Nach zwei Stunden brannte das Feuer allmählich herunter und die Männer begannen trotz ihrer dicken Mäntel zu frieren. Deutsche und Franzosen umarmten einander oder schüttelten die Hände, bevor sie zu ihren jeweiligen Schützengräben zurückkehrten, sogar der Gascogner schüttelte zaghaft einem jungen Deutschen zum Abschied die Hand.

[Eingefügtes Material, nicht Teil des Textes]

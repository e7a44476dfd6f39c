//! The world of the job machine, what is counted of it from scratch, and the desks that represent it.
//!
//! The rows are BOINC's: accounts, applications, their versions, workunits with their instances, and hosts.
//! `specs/` says what the machine does with them: counts of a workunit, the grant of jobs, reports, lost
//! jobs, settlement, imports, and one step of it. [`count`] is the plain slow program of the counts.
//! A [`Desk`] represents a [`World`] and answers what that world says.
#![tactic(auto)]

mod alike;
mod ballots;
pub mod by_name;
mod by_place;
pub mod cause;
mod changing;
pub mod count;
pub mod delta;
pub mod desk;
pub mod first_names;
pub mod instance;
mod keyed;
pub mod laws;
pub mod limits;
pub mod list_desk;
pub mod machine;
pub mod moment;
pub mod names;
mod near;
mod offers;
mod outputs;
pub mod rows;
mod selection;
pub mod settings;
mod versions;
mod whole_numbers;
pub mod world;

pub use by_name::{place_named, status_at};
pub use by_place::{app_index, copy_of, nth};
pub use cause::{Cause, Invariant, StorageFault};
pub use delta::{Delta, Edit, Edits, fresh_instances};
pub use desk::{Candidate, Counts, Desk, Flow, Placed, Taker, Unavailable, Units};
pub use first_names::{Named, first_of_each};
pub use instance::{Instance, Lapse, Outcome, Owner, Place, Status, UnitBook, Verdict};
pub use keyed::Keyed;
pub use list_desk::ListDesk;
pub use machine::{Answered, Call, Caller};
pub use moment::Moment;
pub use names::{instance_name, split_name};
pub use rows::{Account, Agreement, App, ClassRule, HostRow, Rows, Version, Workunit};
pub use settings::Settings;
pub use world::World;
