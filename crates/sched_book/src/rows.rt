//! The rows of a world and of an import.

ghost use Rattle.std.specs.Prelude.{◌≡◌, IfOk};
ghost use Rattle.sched_book.specs.Classes.{rule_after};

use crate::by_place::copy_of;
use texts::{Listed, Memory, Same, Text};

/// How two outputs of an application are compared.
#[derive(Clone, Copy, Debug, PartialEq, Eq)]
pub enum Agreement {
    /// Equal texts.
    Exact,
    /// Equal texts, or two whole numbers that are at most this far apart.
    Within(u32),
}

/// A volunteer's account.
#[derive(Clone, Drop)]
pub struct Account {
    /// Its secret word, by which a host shows that it belongs to the account.
    pub authenticator: Text,
    /// The volunteer's name, 1 to 64 bytes.
    pub name: Text,
}

/// An application of the project.
#[derive(Clone, Drop)]
pub struct App {
    pub name: Text,
    pub agreement: Agreement,
}

/// A version of an application for a platform.
#[derive(Clone, Drop)]
pub struct Version {
    /// The application's name.
    pub app: Text,
    pub platform: Text,
    /// 1 to 1,000,000.
    pub version_num: u32,
    /// The class of the version, a word. A workunit may keep to the versions of one class.
    pub class: Text,
}

/// Which versions may do a workunit. This is this profile's own rule. BOINC's homogeneous redundancy has classes of
/// hosts, and its homogeneous app version keeps to one version.
#[derive(Clone, PartialEq, Eq, Drop)]
pub enum ClassRule {
    /// Versions of any class: the workunit is not marked.
    Any,
    /// It is marked, and takes the class of the version with which its first instance is granted.
    OfFirst,
    /// It is marked, and keeps to versions of this class.
    Only(Text),
}

impl ClassRule {
    /// The rule after a version of this class was granted. If the workunit is marked, it takes the class with its first
    /// one, and then keeps it.
    pub fn after(&self, class: &Text) -> Result<ClassRule, Memory>
        ensures { IfOk result (λ after. after ≡ rule_after self.now class.now) }
    {
        match self {
            ClassRule::Any => Ok(ClassRule::Any),
            ClassRule::OfFirst => Ok(ClassRule::Only(copy_of(class)?)),
            ClassRule::Only(own) => Ok(ClassRule::Only(copy_of(own)?)),
        }
    }
}

/// A workunit: a piece of work that is done several times, once by each of its instances.
#[derive(Clone, Drop)]
pub struct Workunit {
    pub name: Text,
    /// The application's name.
    pub app: Text,
    /// How many successes a decision needs: 1 to 100.
    pub min_quorum: u32,
    /// How many instances it begins with: `min_quorum` to 100.
    pub target_nresults: u32,
    /// It fails with more errors than this: up to 100.
    pub max_error_results: u32,
    /// It fails if it would have more instances than this: `target_nresults` to 100.
    pub max_total_results: u32,
    /// It fails with more successes than this and no decision: up to 100.
    pub max_success_results: u32,
    /// Seconds from the sending of a job to its deadline: 1 to 100,000,000.
    pub delay_bound: u32,
    /// Floating-point operations that a job takes: 1 to 10^18.
    pub rsc_fpops_est: u64,
    /// Bytes of memory that a job takes: up to 10^18.
    pub rsc_memory_bound: u64,
    /// Bytes of disk that a job takes: up to 10^18.
    pub rsc_disk_bound: u64,
    /// Millicredits for each valid result: up to 100,000,000.
    pub credit: u32,
    /// Which versions may do it.
    pub class_rule: ClassRule,
}

/// A host, with what it last said of itself.
#[derive(Clone, Drop)]
pub struct HostRow {
    /// The place of the account that it belongs to.
    pub account: u32,
    /// The host's own name for itself.
    pub cpid: Text,
    /// Floating-point operations a second: 1 to 10^18.
    pub p_fpops: u64,
    /// Bytes of memory: up to 10^18.
    pub m_nbytes: u64,
    /// Bytes of free disk: up to 10^18.
    pub d_free: u64,
    /// Its platforms, the preferred one first: 1 to 8.
    pub platforms: Listed<Text>,
    /// The most jobs that it may get on one day: 1 to the setting `daily_result_quota`.
    pub quota: u32,
}

/// The rows of one import.
#[derive(Clone, Drop)]
pub enum Rows {
    Accounts(Listed<Account>),
    Apps(Listed<App>),
    Versions(Listed<Version>),
    Workunits(Listed<Workunit>),
}

impl Same for Account {
    ghost use Rattle.std.proofs.Common.{rules};

    ghost exact = { λ account copy is_copy. Prim.search rules };
}

impl Same for App {
    ghost use Rattle.std.proofs.Common.{rules};

    ghost exact = { λ app copy is_copy. Prim.search rules };
}

impl Same for Version {
    ghost use Rattle.std.proofs.Common.{rules};

    ghost exact = { λ version copy is_copy. Prim.search rules };
}

impl Same for ClassRule {
    ghost use Rattle.std.proofs.Common.{rules};

    ghost exact = { λ rule copy is_copy. Prim.search rules };
}

impl Same for Workunit {
    ghost use Rattle.std.proofs.Common.{rules};

    ghost exact = { λ workunit copy is_copy. Prim.search rules };
}

impl Same for HostRow {
    ghost use Rattle.std.proofs.Common.{rules};

    ghost exact = { λ host copy is_copy. Prim.search rules };
}

impl Same for Rows {
    ghost use Rattle.std.proofs.Common.{rules};

    ghost exact = { λ rows copy is_copy. Prim.search rules };
}
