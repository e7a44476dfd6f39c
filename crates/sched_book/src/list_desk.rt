//! The plain desk, which keeps a world as lists and searches them.

ghost use Rattle.std.specs.Prelude.{◌≡◌, ⊤, true, length, is_ok, IfOk, IfErr, OnOk, OnErr};
ghost use Rattle.sched_book.specs.Limits.{IsBounded};
ghost use Rattle.sched_book.specs.declared.cause.Cause.TheVariants.{Memory};
ghost use Rattle.sched_book.specs.Delta.{applied};
ghost use Rattle.sched_book.specs.Places.{unit_named, known_host, held_by, sent_on_day, host_credit, user_credit};
ghost use Rattle.sched_book.specs.Desk.{counts, agreement_at, unit_status};
ghost use Rattle.sched_book.specs.Step.{empty_world};

use crate::by_place::{
    account_place, app_place, copy_at, copy_instance, copy_nth, find_version, host_place, nth,
    unit_place,
};
use crate::cause::{Cause, Invariant};
use crate::changing::changed;
use crate::count::{agreement_by, book_status};
use crate::delta::{Delta, is_bounded};
use crate::desk::{Counts, Desk, Placed, Taker, Unavailable, Units};
use crate::instance::{Instance, Place, Status};
use crate::moment::Moment;
use crate::offers::offer_all;
use crate::rows::{Account, Agreement, App, HostRow, Version, Workunit};
use crate::selection::Selection;
use crate::settings::Settings;
use crate::versions::version_of_app;
use crate::world::World;
use std::alloc::Global;
use std::marker::Model;
use texts::{Listed, Memory};

/// A desk over lists in memory. It answers by searching the rows, and changes a copy of its world. So the time of a call
/// grows with the number of rows; for a host or a user it goes through all instances. A call that returns neither a row
/// nor a list takes no memory, and always succeeds.
#[derive(Drop)]
pub struct ListDesk {
    alloc: Global,
    world: World,
}

impl Model for ListDesk {
    ghost use Rattle.sched_book.specs.Limits.{IsBounded};
    ghost use Rattle.sched_book.specs.declared.world.World.{World};

    ghost Value = { World };

    ghost view = { λ d. d.world };

    ghost invariant = { λ d. IsBounded d.world };
}

impl ListDesk {
    /// The desk of the world that has these settings and nothing else.
    pub fn new(alloc: Global, settings: &Settings) -> Result<ListDesk, Memory>
        ensures { IfOk result (λ d. d ≡ empty_world settings.now) }
    {
        let world = World {
            settings: settings.clone()?,
            accounts: Listed::new(alloc),
            apps: Listed::new(alloc),
            versions: Listed::new(alloc),
            units: Listed::new(alloc),
            hosts: Listed::new(alloc),
        };
        Ok(ListDesk { alloc, world })
    }

    /// The desk of a world. Refused if a list is longer than its table may be.
    pub fn of(alloc: Global, world: World) -> Result<ListDesk, Unavailable>
        ensures ok { IfOk result (λ d. d ≡ world) }
        ensures bounded { IsBounded world → is_ok result ≡ true }
    {
        if !is_bounded(&world) {
            return Err(Unavailable(Cause::Spoiled(Invariant::ListsOfDesk)));
        }
        Ok(ListDesk { alloc, world })
    }

    /// The world that it represents.
    pub fn as_world(&self) -> &World
        ensures { result.now ≡ self.now }
    {
        &self.world
    }

    /// Returns the desk of the world with these changes made; this desk stays as it is.
    pub fn with(&self, delta: &Delta) -> Result<ListDesk, Unavailable>
        ensures ok { IfOk result (λ d. d ≡ applied self.now delta.now) }
        ensures causes { IsBounded (applied self.now delta.now) → IfErr result (λ u. u.0 ≡ Memory) }
    {
        ListDesk::of(self.alloc, changed(self.alloc, &self.world, delta)?)
    }

    /// Makes all changes, or none. Refused if the changes would make a list longer than its table may be.
    pub fn apply(&mut self, delta: &Delta) -> Result<(), Unavailable>
        ensures ok { OnOk result (self.new ≡ applied self.old delta.now) }
        ensures err { OnErr result (self.new ≡ self.old) }
        ensures causes { IsBounded (applied self.old delta.now) → IfErr result (λ u. u.0 ≡ Memory) }
    {
        *self = self.with(delta)?;
        Ok(())
    }
}

impl Units for ListDesk {
    ghost use Rattle.std.proofs.Common.{rules};

    ghost world = { λ d. d };

    ghost honest = { λ _. ⊤ };

    ghost well_kept = { λ _. ⊤ };

    ghost reads = { λ a b. a ≡ b };

    ghost may_fail = { λ _ u. u.0 ≡ Memory };

    fn unit_by_name(&mut self, name: &str) -> Result<Option<u32>, Unavailable>
        ensures reads { self.new ≡ self.old }
        ensures answer { result ≡ Ok (unit_named self.old name.now) }
    {
        Ok(unit_place(self.world.units.as_slice(), name))
    }

    fn unit(&mut self, _alloc: Global, unit: u32) -> Result<Option<Workunit>, Unavailable> {
        match nth(self.world.units.as_slice(), unit) {
            None => Ok(None),
            Some(book) => Ok(Some(book.unit.clone()?)),
        }
    }

    fn agreement_of(&mut self, _alloc: Global, unit: u32) -> Result<Option<Agreement>, Unavailable>
        ensures reads { self.new ≡ self.old }
        ensures answer { result ≡ Ok (agreement_at self.old unit) }
    {
        match nth(self.world.units.as_slice(), unit) {
            None => Ok(None),
            Some(book) => Ok(Some(agreement_by(
                self.world.apps.as_slice(),
                book.unit.app.as_str(),
            ))),
        }
    }

    fn instance(
        &mut self,
        _alloc: Global,
        unit: u32,
        number: u32,
    ) -> Result<Option<Instance>, Unavailable> {
        match nth(self.world.units.as_slice(), unit) {
            None => Ok(None),
            Some(book) => Ok(copy_instance(book, number)?),
        }
    }

    fn instances_of(&mut self, alloc: Global, unit: u32) -> Result<Listed<Instance>, Unavailable> {
        match nth(self.world.units.as_slice(), unit) {
            None => Ok(Listed::new(alloc)),
            Some(book) => Ok(book.instances.clone()?),
        }
    }

    ghost reads_none = { λ d. Prim.search rules };

    ghost reads_on = { λ a b c h k. Prim.search rules };

    ghost stays_honest = { λ a b h k. Prim.search rules };

    ghost stays_kept = { λ a b h k l. Prim.search rules };

    ghost stays_same = { λ a b h k l. Prim.search rules };

    ghost fails_for_memory = { λ a. Prim.search rules };

    ghost stays_failing = { λ a b h k l u m. m };
}

impl Desk for ListDesk {
    fn settings(&mut self, _alloc: Global) -> Result<Settings, Unavailable> {
        Ok(self.world.settings.clone()?)
    }

    fn counts(&mut self) -> Result<Counts, Unavailable>
        ensures reads { self.new ≡ self.old }
        ensures answer { result ≡ Ok (counts self.old) }
    {
        Ok(Counts {
            accounts: self.world.accounts.len() as u32,
            apps: self.world.apps.len() as u32,
            versions: self.world.versions.len() as u32,
            workunits: self.world.units.len() as u32,
            hosts: self.world.hosts.len() as u32,
        })
    }

    fn account_by_key(
        &mut self,
        _alloc: Global,
        authenticator: &str,
    ) -> Result<Option<Placed<Account>>, Unavailable> {
        let accounts = self.world.accounts.as_slice();
        Ok(copy_at(accounts, account_place(accounts, authenticator))?)
    }

    fn app_by_name(
        &mut self,
        _alloc: Global,
        name: &str,
    ) -> Result<Option<Placed<App>>, Unavailable> {
        let apps = self.world.apps.as_slice();
        Ok(copy_at(apps, app_place(apps, name))?)
    }

    fn host_by_key(&mut self, account: u32, cpid: &str) -> Result<Option<u32>, Unavailable>
        ensures reads { self.new ≡ self.old }
        ensures answer { result ≡ Ok (known_host self.old account cpid.now) }
    {
        Ok(host_place(self.world.hosts.as_slice(), account, cpid))
    }

    fn host_by_id(&mut self, _alloc: Global, host: u32) -> Result<Option<HostRow>, Unavailable> {
        Ok(copy_nth(self.world.hosts.as_slice(), host)?)
    }

    fn status_of(&mut self, unit: u32) -> Result<Option<Status>, Unavailable>
        ensures reads { self.new ≡ self.old }
        ensures answer { result ≡ Ok (unit_status self.old unit) }
    {
        match nth(self.world.units.as_slice(), unit) {
            None => Ok(None),
            Some(book) => Ok(Some(book_status(self.world.apps.as_slice(), book))),
        }
    }

    fn held_by(&mut self, alloc: Global, host: u32) -> Result<Listed<Place>, Unavailable> {
        Ok(Selection::HeldBy(host).places(alloc, &self.world)?)
    }

    #[tactic(auto, using(crate::proofs::PlaceLists::held_counted))]
    fn held_count(&mut self, host: u32) -> Result<u32, Unavailable>
        ensures reads { self.new ≡ self.old }
        ensures answer { result ≡ Ok (length (held_by self.old host)) }
    {
        Ok(Selection::HeldBy(host).count(&self.world))
    }

    fn owned_by(&mut self, alloc: Global, host: u32) -> Result<Listed<Place>, Unavailable> {
        Ok(Selection::OwnedBy(host).places(alloc, &self.world)?)
    }

    fn sent_on_day(&mut self, host: u32, day: u64) -> Result<u32, Unavailable>
        ensures reads { self.new ≡ self.old }
        ensures answer { result ≡ Ok (sent_on_day self.old host day) }
    {
        Ok(Selection::SentOn { host, day }.count(&self.world))
    }

    fn units_of_user(&mut self, alloc: Global, account: u32) -> Result<Listed<u32>, Unavailable> {
        Ok(Selection::OfUser(account).units(alloc, &self.world)?)
    }

    fn credit_of_host(&mut self, host: u32) -> Result<u64, Unavailable>
        ensures reads { self.new ≡ self.old }
        ensures answer { result ≡ Ok (host_credit self.old host) }
    {
        Ok(Selection::OwnedBy(host).credit(&self.world))
    }

    #[tactic(auto, using(crate::proofs::Credits::user_credited))]
    fn credit_of_user(&mut self, account: u32) -> Result<u64, Unavailable>
        ensures reads { self.new ≡ self.old }
        ensures answer { result ≡ Ok (user_credit self.old account) }
    {
        Ok(Selection::OfUser(account).credit(&self.world))
    }

    fn version_for(
        &mut self,
        _alloc: Global,
        host: &HostRow,
        app: u32,
    ) -> Result<Option<Version>, Unavailable> {
        match nth(self.world.apps.as_slice(), app) {
            None => Ok(None),
            Some(app) => Ok(version_of_app(
                self.world.versions.as_slice(),
                app.name.as_str(),
                host.platforms.as_slice(),
            )?),
        }
    }

    fn version_by_key(
        &mut self,
        _alloc: Global,
        app: &str,
        platform: &str,
        version_num: u32,
    ) -> Result<Option<Version>, Unavailable> {
        match find_version(self.world.versions.as_slice(), app, platform, version_num) {
            None => Ok(None),
            Some(version) => Ok(Some(version.clone()?)),
        }
    }

    fn due_before(&mut self, alloc: Global, now: Moment) -> Result<Listed<Place>, Unavailable> {
        Ok(Selection::Overdue(now).places(alloc, &self.world)?)
    }

    fn unsent_from<T: Taker>(&mut self, from: Place, taker: &mut T) -> Result<(), Unavailable> {
        Ok(offer_all(&self.world, from, taker)?)
    }

    #[tactic(auto, using(crate::proofs::Offering::all_kept, crate::proofs::Offering::some_kept))]
    fn unsent_for<T: Taker>(
        &mut self,
        _account: u32,
        from: Place,
        taker: &mut T,
    ) -> Result<(), Unavailable> {
        Ok(offer_all(&self.world, from, taker)?)
    }

    fn note_had(&mut self, _account: u32, _before: Place)
        ensures reads { self.new ≡ self.old }
    {}
}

Als sie wieder im Stollen des Schützengrabens waren und sich hinlegten um noch ein paar Stunden Schlaf zu finden, wandte sich der Gascogner an seinen väterlichen Freund.
“Du hattest Recht, Athos, ich habe heute wirklich eine wertvolle Lektion erhalten. Ich war ganz überrascht wie freundlich diese Deutschen waren, ich hatte sie mir eher wie Raubtiere vorgestellt, gefährlich und durch und durch böse. Ich will nicht mehr gegen sie kämpfen und es macht mich traurig, dass ich das ab morgen wieder tun muss. Wir feiern zusammen Weihnachten, nur um dann am nächsten Tag einander wieder erschießen zu müssen, das ist doch absurd.”
“Ja, da hast du Recht, das ist wirklich absurd. Ich wünschte auch, wir müssten es nicht tun. Aber ich glaube daran, dass der Krieg nächstes Weihnachten zu Ende sein wird. Es sind jetzt fast zweieinhalb Jahre, da müsste es jeden Tag vorbei sein.”
“Ich hoffe auch, dass es bald vorbei ist”; sagte Porthos, “Paul Michels hat mich nämlich nach München eingeladen sobald der Krieg vorbei ist, dann will er mir ein vorzügliches Menü kochen. Nach der ganzen faden Konservenkost der letzten Jahre wird das eine wahre Wohltat sein.”
“Und ich werde nach dem Krieg wieder in den Jesuitenorden eintreten”, meinte Aramis, “nachdem ich fast zwei Jahre an der Front war, kann ich gar nicht mehr verstehen, warum ich mich über das Leben im Orden immer so beklagt habe. Alles ist besser als hier im Schützengraben zu liegen.”
“Ich bin froh, dass du jetzt weißt, dass sie Menschen sind wie wir auch, d´Artagnan, “nach dem heutigen Abend will ich mir den Glauben daran bewahren, dass Deutsche und Franzosen eines Tages einander die Hände reichen und in Frieden leben werden.”
“Diese Erbfeindschaft wird mit Sicherheit irgendwann ein Ende haben”; meinte Aramis und blickte nachdenklich seine Freunde an, “aber bis dahin muss wohl leider noch viel Wasser die Seine hinunterfließen.”
Der Gascogner blickte zaghaft zu den drei Unzertrennlichen.
“Ich bin euch dreien so dankbar, dass ihr euch um mich gekümmert habt, als ich verrückt zu werden glaubte, ich hoffe, ich kann mich dafür irgendwann bei euch revangieren. Einer für alle und alle für einen, das soll ab heute unser Motto sein, was meint ihr?”
“Einer für alle, alle für einen, ein wirklich guter Wahlspruch”; meinte Athos lächelnd, “unsere Freundschaft ist in diesem Krieg das Einzige das uns Halt bieten kann, uns Kraft gibt wenn wir verzweifelt sind, und deswegen ist dieser Spruch wohl ganz zutreffend.”
Porthos und Aramis nickten. “Ja, einer für alle, alle für einen, das klingt sehr ermutigend, zeigt, dass wir einander haben und nicht alleine sind.”
Und von dieser Nacht an waren es nicht mehr drei Unzertrennliche sondern vier Unzertrennliche, die stets füreinander einstanden und in ihrer Freundschaft ein Bollwerk gegen die Schrecken des Krieges sahen. Und keiner der vier vergaß jemals die Nacht jenes Weihnachtsfriedens, noch Jahre später erinnerten sie sich oft daran und fragen sich, was wohl aus jenen deutschen Soldaten, mit denen sie damals gefeiert hatten geworden war.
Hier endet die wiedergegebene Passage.